Silly? Impractical? (Don't all rush out to patent it  )


----------



## bullseyeben! (Apr 24, 2011)

I reckon zombie slayer did something like that... before zombies ate and then took control of his brain matter. LOL


----------



## ruthiexxxx (Sep 15, 2012)

LoL


----------



## Hrawk (Oct 25, 2010)




----------



## ruthiexxxx (Sep 15, 2012)

Oh great ! I was thinking of one on the lines of the middle photo. Is there any information on how they shoot?


----------



## Cjw (Nov 1, 2012)

Instead of trying to make a fork hit proof slingshot wouldn't it be better to try to figure out what's causing the fork hits. Usually it's poor pouch release. Or twisting the fork on release.


----------



## treefork (Feb 1, 2010)

That's what I'm talking about. Could be the bands are to heavy for you again issue.
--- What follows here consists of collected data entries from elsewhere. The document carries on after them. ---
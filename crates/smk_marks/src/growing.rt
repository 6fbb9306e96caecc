ghost use Rattle.std.specs.Prelude.{◌≡◌};
ghost use Rattle.smk_base.specs.PlanImage.{expr_of};
ghost use Rattle.smk_model.specs.{LineageLaws.selected_table, Growth.{is_chain, is_growing}};

use smk_base::{Op1, Plan};

/// Whether a plan is a growing chain: a scan, then selections and projections, then at most one grouping.
pub fn is_growing(plan: &Plan) -> bool
    ensures { result ≡ is_growing (expr_of plan.now) }
{
    match plan {
        Plan::Scan(_) => true,
        Plan::One(op, input) => match op {
            Op1::Select(_) => is_chain(input),
            Op1::Project(_) => is_chain(input),
            Op1::Distinct(_) => false,
            Op1::Group(_, _) => is_chain(input),
        },
        Plan::Two(_, _, _) => false,
    }
}

// Whether a plan is a scan, then selections and projections.
fn is_chain(plan: &Plan) -> bool
    ensures { result ≡ is_chain (expr_of plan.now) }
{
    match plan {
        Plan::Scan(_) => true,
        Plan::One(op, input) => match op {
            Op1::Select(_) => is_chain(input),
            Op1::Project(_) => is_chain(input),
            Op1::Distinct(_) => false,
            Op1::Group(_, _) => false,
        },
        Plan::Two(_, _, _) => false,
    }
}

/// The table that a growing chain scans.
pub fn scanned_table(plan: &Plan) -> u32
    ensures { result ≡ selected_table (expr_of plan.now) }
{
    match plan {
        Plan::Scan(table) => *table,
        Plan::One(_, input) => scanned_table(input),
        Plan::Two(_, left, _) => scanned_table(left),
    }
}
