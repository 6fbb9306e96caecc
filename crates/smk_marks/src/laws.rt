ghost use Rattle.smk_marks.specs.{KeptLaws.KeptMarks, MarkLaws.{ChainPicks, CountsAlone, ExampleMarks, GroupMarks, NeverFull}};

/// A chain of selections and projections over a scan is one selection, and one image of each row that is left.
#[tactic(auto, using(crate::proofs::Chains::chain_picks))]
pub fn chain_picks()
    ensures { ChainPicks }
{}

/// For a grouping over such a chain, the forward lists of the first content say which rows of any selection pass and which of them have equal keys.
#[tactic(auto, using(crate::proofs::ByMarks::group_marks))]
pub fn group_marks()
    ensures { GroupMarks }
{}

/// Counts over the rows of marks are the same for any rows, as many as marks.
#[tactic(auto, using(crate::proofs::Counted::counts_alone))]
pub fn counts_alone()
    ensures { CountsAlone }
{}

/// A grouping over a chain isn't refused if its table has at most 1,048,576 rows.
#[tactic(auto, using(crate::proofs::Small::never_full))]
pub fn never_full()
    ensures { NeverFull }
{}

/// The groups that are made from what is kept of a view, and from what some rids reach there, are what the view's plan gives for the rows at these rids.
#[tactic(auto, using(crate::proofs::Kept::kept_marks))]
pub fn kept_marks()
    ensures { KeptMarks }
{}

/// Number and sum by key, of some rows of a table of five.
pub fn example_marks()
    ensures { ExampleMarks }
{}
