ghost use Rattle.std.specs.Prelude.{◌≡◌, ℕ, ◌<◌, ◌≤◌, ◌+◌, [], ◌∷◌, true, All, IfOk, Some, length, map};
ghost use Rattle.smk_base.specs.{Aggregates.read_by, PlanImage.expr_of, declared.rel.TheConstants.ROW_LIMIT};
ghost use Rattle.smk_body.specs.Halves.{AreNumbered, class_values};
ghost use Rattle.smk_model.specs.{Growth.is_chain, Kinds.kind_of_agg, Selection.plan_kinds};
ghost use Rattle.smk_marks.specs.{Marks.made, Views.{CanGroup, Reads, chain_values, groups_of, grouped_by_marks}};

use crate::columns::{chain_column, keys_at, mark_classes};
use crate::reached::Reached;
use crate::view::KeptView;
use smk_base::{Agg, Plan, Rel, numbers_at};
use smk_keys::Classes;
use smk_table::Chosen;
use std::alloc::{AllocError, Global};

// As many rows as these: of those of a column that an aggregate reads what a chain makes of it, and of no column where it reads none.
fn column_read(alloc: Global, chain: &Plan, rows: &Chosen, agg: Agg) -> Result<Rel, AllocError>
    requires chain { is_chain (expr_of chain.now) ≡ true }
    requires reads { Reads (expr_of chain.now) rows.now.kinds agg }
    ensures long { IfOk result (λ made. length made.rows ≡ length rows.now.rows) }
    ensures column { IfOk result (λ made. (c : ℕ) → read_by agg ≡ Some c → made ≡ chain_values (expr_of chain.now) rows.now c) }
{
    match agg.column() {
        Some(c) => chain_column(alloc, chain, rows, c),
        None => rows.columns(alloc, &[]),
    }
}

// An aggregate over what a chain makes of the rows of each class.
fn agg_column(
    alloc: Global,
    classes: &Classes,
    chain: &Plan,
    rows: &Chosen,
    agg: Agg,
) -> Result<Rel, AllocError>
    requires classes { AreNumbered (length rows.now.rows) classes.now }
    requires chain { is_chain (expr_of chain.now) ≡ true }
    requires reads { Reads (expr_of chain.now) rows.now.kinds agg }
    ensures { IfOk result (λ column. column ≡ record { kinds = kind_of_agg (plan_kinds (expr_of chain.now) (rows.now.kinds ∷ [])) agg ∷ []; rows = class_values classes.now (map (made (expr_of chain.now)) rows.now.rows) agg }) }
{
    let read = column_read(alloc, chain, rows, agg)?;
    let made = smk_body::agg_column(alloc, &read, classes, None, &agg.over(0))?;
    Ok(made)
}

// For each mark, in the order in which each comes first, the key of the content's row at the mark and the aggregates over what the chain makes of the rows that have the mark.
fn groups(
    alloc: Global,
    view: &KeptView<'_>,
    marks: &[u32],
    rows: &Chosen,
) -> Result<Rel, AllocError>
    requires few_marks { length marks.now ≤ ROW_LIMIT }
    requires long { length marks.now ≡ length rows.now.rows }
    requires within { All (λ mark. mark < length view.now.content.now.rows) marks.now }
    requires chain { is_chain (expr_of view.now.plan.chain.now) ≡ true }
    requires reads { All (Reads (expr_of view.now.plan.chain.now) rows.now.kinds) view.now.plan.aggs.now }
    requires keyed { length view.now.plan.keys.now ≤ length view.now.content.now.kinds }
    requires few { length view.now.plan.keys.now + length view.now.plan.aggs.now ≤ 16 }
    ensures { IfOk result (λ made. made ≡ groups_of view.now marks.now rows.now) }
{
    let classes = mark_classes(alloc, marks, view.content.len())?;
    let first_marks = numbers_at(alloc, marks, classes.firsts())?;
    let firsts = first_marks.as_slice();
    let keys = view.plan.keys.as_slice();
    let mut made = keys_at(alloc, view.content, keys.len() as u32, firsts)?;
    let aggs = view.plan.aggs.as_slice();
    for agg in aggs {
        let column = agg_column(alloc, &classes, view.plan.chain, rows, *agg)?;
        made = made.beside(column)?;
    }
    Ok(made)
}

/// The content of a view over chosen rows of its table, from what these rows reach in what is kept of it.
pub fn content_by_marks(
    alloc: Global,
    view: &KeptView<'_>,
    reached: &Reached,
) -> Result<Rel, AllocError>
    requires { CanGroup view.now reached.now }
    ensures { IfOk result (λ made. made ≡ grouped_by_marks view.now reached.now) }
{
    let marks = reached.marks.as_slice();
    match &reached.rows {
        Some(rows) => groups(alloc, view, marks, rows),
        None => {
            let rows = Chosen::of_rel(Rel::of_counts(alloc, 0, marks)?);
            groups(alloc, view, marks, &rows)
        }
    }
}
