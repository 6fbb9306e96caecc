//! The content of a view that is a grouping over a chain, over a selection of its table's rows, by the marks in its kept forward lineage: no key is made again.
#![tactic(auto)]

mod columns;
mod groups;
mod growing;
mod laws;
mod reached;
mod view;

pub use groups::content_by_marks;
pub use growing::{is_growing, scanned_table};
pub use laws::{chain_picks, counts_alone, example_marks, group_marks, kept_marks, never_full};
pub use reached::{Reached, reach};
pub use view::{GroupedChain, KeptView, grouped_chain};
Accuracy, fork hits .......


----------



## AnTrAxX (Jul 18, 2012)

He made a few of those i think. Also like the one on the 2nd Pic.


----------



## Wingshooter (Dec 24, 2009)

If you could find the right spring loaded hinge that had the right spring tension. This would flip down out of the way. But I am with the rest of them its all in the release.


----------



## ruthiexxxx (Sep 15, 2012)

Wingshooter said:


> If you could find the right spring loaded hinge that had the right spring tension. This would flip down out of the way. But I am with the rest of them its all in the release.
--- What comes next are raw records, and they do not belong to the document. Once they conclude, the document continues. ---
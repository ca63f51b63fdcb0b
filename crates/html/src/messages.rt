ghost use Rattle.std.specs.Prelude.{◌≡◌, ◌++◌, OnOk};
ghost use Rattle.std.specs.List.{flat_map};
ghost use Rattle.html.specs.Fragment.{as_html};
ghost use Rattle.html.specs.Tables.{message_row, message_table, param_item, param_template};

use super::fragment::{Fragment, fill};
use super::names::{adornment_word, is_key, param_name, role_name};
use super::wording::{KEY_PARAMETER, MESSAGE, MESSAGE_END, MESSAGES, PARAMETER, TABLE_END};
use bspl_types::{Carried, Expanded, Message};
use list_base::{Bytes, NoMemory};

/// Appends the table of messages.
pub fn push_messages(text: &mut Bytes, x: &Expanded) -> Result<(), NoMemory>
    ensures { OnOk result (text.new ≡ text.old ++ as_html (message_table x.now)) }
{
    fill(text, MESSAGES, &[])?;
    push_rows(text, x, x.messages.as_slice())?;
    fill(text, TABLE_END, &[])
}

/// Appends the row of each message.
#[tactic(auto, using(crate::proofs::WritingLemmas::written_next))]
fn push_rows(text: &mut Bytes, x: &Expanded, messages: &[Message]) -> Result<(), NoMemory>
    ensures { OnOk result (text.new ≡
        text.old ++ as_html (flat_map (message_row x.now) messages.now)) }
{
    for message in messages {
        push_row(text, x, message)?;
    }
    Ok(())
}

/// Appends the row of a message.
fn push_row<'x>(text: &mut Bytes, x: &'x Expanded, message: &'x Message) -> Result<(), NoMemory>
    ensures { OnOk result (text.new ≡ text.old ++ as_html (message_row x.now message.now)) }
{
    fill(
        text,
        MESSAGE,
        &[
            Fragment::Words(message.name.as_slice()),
            Fragment::Words(role_name(x, message.sender)),
            Fragment::Words(role_name(x, message.receiver)),
        ],
    )?;
    push_params(text, x, message.carried.as_slice())?;
    fill(text, MESSAGE_END, &[])
}

/// Appends the parameters of a message.
#[tactic(auto, using(crate::proofs::WritingLemmas::written_next))]
fn push_params(text: &mut Bytes, x: &Expanded, carried: &[Carried]) -> Result<(), NoMemory>
    ensures { OnOk result (text.new ≡
        text.old ++ as_html (flat_map (param_item x.now) carried.now)) }
{
    for c in carried {
        push_param(text, x, *c)?;
    }
    Ok(())
}

/// Appends a parameter of a message.
fn push_param(text: &mut Bytes, x: &Expanded, c: Carried) -> Result<(), NoMemory>
    ensures { OnOk result (text.new ≡ text.old ++ as_html (param_item x.now c)) }
{
    fill(
        text,
        param_template(is_key(x, c.param)),
        &[
            Fragment::Words(adornment_word(c.adornment)),
            Fragment::Words(param_name(x, c.param)),
        ],
    )
}

/// How a parameter is shown: a key is marked.
fn param_template(key: bool) -> &'static [u8]
    ensures { result.now ≡ param_template key }
{
    if key { KEY_PARAMETER } else { PARAMETER }
}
Thanks...but it was just spotting this little swivel arrangement in the ferreteria that had me wondering about the geometry of it


----------



## Wingshooter (Dec 24, 2009)

I did a bunch of them back in 2009. The shaft rotated on 1/4 in bearings. My friend Don keeps one in his garage to chase of pigeons.


----------



## ruthiexxxx (Sep 15, 2012)

Wingshooter said:


> I did a bunch of them back in 2009. The shaft rotated on 1/4 in bearings. My friend Don keeps one in his garage to chase of pigeons.
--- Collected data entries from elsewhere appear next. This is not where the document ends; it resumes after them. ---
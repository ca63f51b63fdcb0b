ghost use Rattle.std.specs.Prelude.{◌≡◌, ◌++◌, ◌==◌, ◌&&◌, false, slice_index_or, OnOk};
ghost use Rattle.std.specs.List.{enumerate_from, flat_map, list_any};
ghost use Rattle.bspl_types.specs.Adornment.{has_value};
ghost use Rattle.bspl_types.specs.Choice.{is_out};
ghost use Rattle.html.specs.Fragment.{as_html};
ghost use Rattle.html.specs.Tables.{is_source, role_head, source_cell, source_head, source_item};
ghost use Rattle.html.specs.Tables.{source_name, source_row, source_table};

use super::fragment::{Fragment, fill};
use super::names::is_out;
use super::wording::{
    CELL, CELL_END, HEADS_END, KNOWLEDGE, ROLE_HEAD, SOURCE, SOURCES, SOURCES_END, TABLE_END,
};
use bspl_types::{Carried, Expanded, Message, Name, ParamInfo};
use list_base::{Bytes, NoMemory};

/// Appends the table of what each role can learn, and from which messages. `dead` says by index
/// which of them no legal run sends.
pub fn push_sources(text: &mut Bytes, x: &Expanded, dead: &[bool]) -> Result<(), NoMemory>
    ensures { OnOk result (text.new ≡ text.old ++ as_html (source_table x.now dead.now)) }
{
    push_head(text, x)?;
    push_rows(text, x, dead, x.params.as_slice())?;
    fill(text, TABLE_END, &[])
}

/// Appends the caption and the heads of the columns.
fn push_head(text: &mut Bytes, x: &Expanded) -> Result<(), NoMemory>
    ensures { OnOk result (text.new ≡ text.old ++ as_html (source_head x.now)) }
{
    fill(text, KNOWLEDGE, &[])?;
    push_roles(text, x.roles.as_slice())?;
    fill(text, HEADS_END, &[])
}

/// Appends the heads of the roles' columns.
#[tactic(auto, using(crate::proofs::WritingLemmas::written_next))]
fn push_roles(text: &mut Bytes, roles: &[Name]) -> Result<(), NoMemory>
    ensures { OnOk result (text.new ≡ text.old ++ as_html (flat_map role_head roles.now)) }
{
    for name in roles {
        fill(text, ROLE_HEAD, &[Fragment::Words(name.as_slice())])?;
    }
    Ok(())
}

/// Appends the row of each parameter.
#[tactic(auto, using(crate::proofs::IndexLemmas::enumerate_more, crate::proofs::IndexLemmas::enumerate_all))]
fn push_rows(
    text: &mut Bytes,
    x: &Expanded,
    dead: &[bool],
    params: &[ParamInfo],
) -> Result<(), NoMemory>
    ensures { OnOk result (text.new ≡
        text.old ++ as_html (flat_map (source_row x.now dead.now) (enumerate_from 0 params.now))) }
{
    for (param, info) in params.iter().enumerate() {
        push_row(text, x, dead, param, info)?;
    }
    Ok(())
}

/// Appends the row of a parameter.
#[tactic(auto, using(crate::proofs::WritingLemmas::written_three))]
fn push_row(
    text: &mut Bytes,
    x: &Expanded,
    dead: &[bool],
    param: usize,
    info: &ParamInfo,
) -> Result<(), NoMemory>
    ensures { OnOk result (text.new ≡
        text.old ++ as_html (source_row x.now dead.now (param, info.now))) }
{
    fill(text, SOURCES, &[Fragment::Words(info.name.as_slice())])?;
    push_cells(text, x, dead, param, x.roles.as_slice())?;
    fill(text, SOURCES_END, &[])
}

/// Appends the cell of each role.
#[tactic(auto, using(crate::proofs::IndexLemmas::enumerate_more, crate::proofs::IndexLemmas::enumerate_all))]
fn push_cells(
    text: &mut Bytes,
    x: &Expanded,
    dead: &[bool],
    param: usize,
    roles: &[Name],
) -> Result<(), NoMemory>
    ensures { OnOk result (text.new ≡
        text.old ++ as_html (flat_map (λ (role, _). source_cell x.now dead.now param role)
        (enumerate_from 0 roles.now))) }
{
    for (role, _) in roles.iter().enumerate() {
        push_cell(text, x, dead, param, role)?;
    }
    Ok(())
}

/// Appends the messages from which the role can learn the parameter.
#[tactic(auto, using(crate::proofs::WritingLemmas::written_three))]
fn push_cell(
    text: &mut Bytes,
    x: &Expanded,
    dead: &[bool],
    param: usize,
    role: usize,
) -> Result<(), NoMemory>
    ensures { OnOk result (text.new ≡
        text.old ++ as_html (source_cell x.now dead.now param role)) }
{
    fill(text, CELL, &[])?;
    push_items(text, x.messages.as_slice(), dead, param, role)?;
    fill(text, CELL_END, &[])
}

/// Appends the names of those of the messages from which the role can learn the parameter.
#[tactic(auto, using(crate::proofs::IndexLemmas::enumerate_more, crate::proofs::IndexLemmas::enumerate_all))]
fn push_items(
    text: &mut Bytes,
    messages: &[Message],
    dead: &[bool],
    param: usize,
    role: usize,
) -> Result<(), NoMemory>
    ensures { OnOk result (text.new ≡
        text.old ++ as_html (flat_map (source_item dead.now param role)
        (enumerate_from 0 messages.now))) }
{
    for (index, message) in messages.iter().enumerate() {
        push_item(text, message, is_dead_at(dead, index), param, role)?;
    }
    Ok(())
}

/// Whether the message with this index is dead.
fn is_dead_at(dead: &[bool], index: usize) -> bool
    ensures { result ≡ slice_index_or dead.now index false }
{
    match dead.get(index) {
        Some(dead) => *dead,
        None => false,
    }
}

/// Appends the name of the message, if it is not dead and the role can learn the parameter from it.
fn push_item(
    text: &mut Bytes,
    message: &Message,
    dead: bool,
    param: usize,
    role: usize,
) -> Result<(), NoMemory>
    ensures { OnOk result (text.new ≡
        text.old ++ as_html (source_name dead param role message.now)) }
{
    if !dead && is_source(message, param, role) {
        return fill(text, SOURCE, &[Fragment::Words(message.name.as_slice())]);
    }
    Ok(())
}

/// Whether the message makes the parameter known to the role.
fn is_source(message: &Message, param: usize, role: usize) -> bool
    ensures { result ≡ is_source param role message.now }
{
    let carried = message.carried.as_slice();
    (message.sender as usize == role && produces(carried, param))
        || (message.receiver as usize == role && tells(carried, param))
}

/// Whether the parameter is among these, adorned `out`.
fn produces(carried: &[Carried], param: usize) -> bool
    ensures { result ≡ list_any (λ c. c.param == param && is_out c.adornment) carried.now }
{
    carried
        .iter()
        .any(|c| c.param as usize == param && is_out(c.adornment))
}

/// Whether the parameter is among these, adorned `in` or `out`.
fn tells(carried: &[Carried], param: usize) -> bool
    ensures { result ≡ list_any (λ c. c.param == param && has_value c.adornment) carried.now }
{
    carried
        .iter()
        .any(|c| c.param as usize == param && c.adornment.has_value())
}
What did you think of them ? Did the swivelling affect the handling at all ? Was there any real advantage ?


----------



## Wingshooter (Dec 24, 2009)

I spent quite a bit of time with them then moved on. I found for me I had to have the forks bent forward to be accurate. I tried a lot of configurations straight, bent, looped and the one that was consistent was like the one in the picture. I used tubes and flat bands on them. I made one that had a split handle. The top part of of the handle rotated so you could start your draw and when the forks squared up you closed your fist and the forks were lined up. I have a video out here somewhere shooting foam disks in the air with paintballs. I will see if I can find it.


----------



## Wingshooter (Dec 24, 2009)

Here is the vid. Right at the end I walk back to the camera and for some reason I was twirling the forks of the slingshot. H-ll I forgot how good it shot.  By the way that was Sally bugging me she figured I had enough fun and she wanted to go for a walk. She won she always won.


----------



## ruthiexxxx (Sep 15, 2012)

Thank you for that...and yes I would be interested in seeing the vid. Fortunately the fork hits that were a pain in the past are pretty rare now...just as well shooting big lead indoors!

I love the forward canted forks on your starship. Next build but two I think


----------



## ruthiexxxx (Sep 15, 2012)

Wingshooter said:


> Here is the vid. Right at the end I walk back to the camera and for some reason I was twirling the forks of the slingshot. H-ll I forgot how good it shot.


Wow...amazing shooting !!! Well, that design certainly works. Thank you


----------



## Wingshooter (Dec 24, 2009)

Ok one more then I have work to do. Here is a drawing of the design. Good luck if you deside to build one.


----------



## Bill Hays (Aug 9, 2010)

Like Roger, I too played with the swivelling forks thing... it does help to prevent fork hits, but it's basically unneccesary once you get your release down.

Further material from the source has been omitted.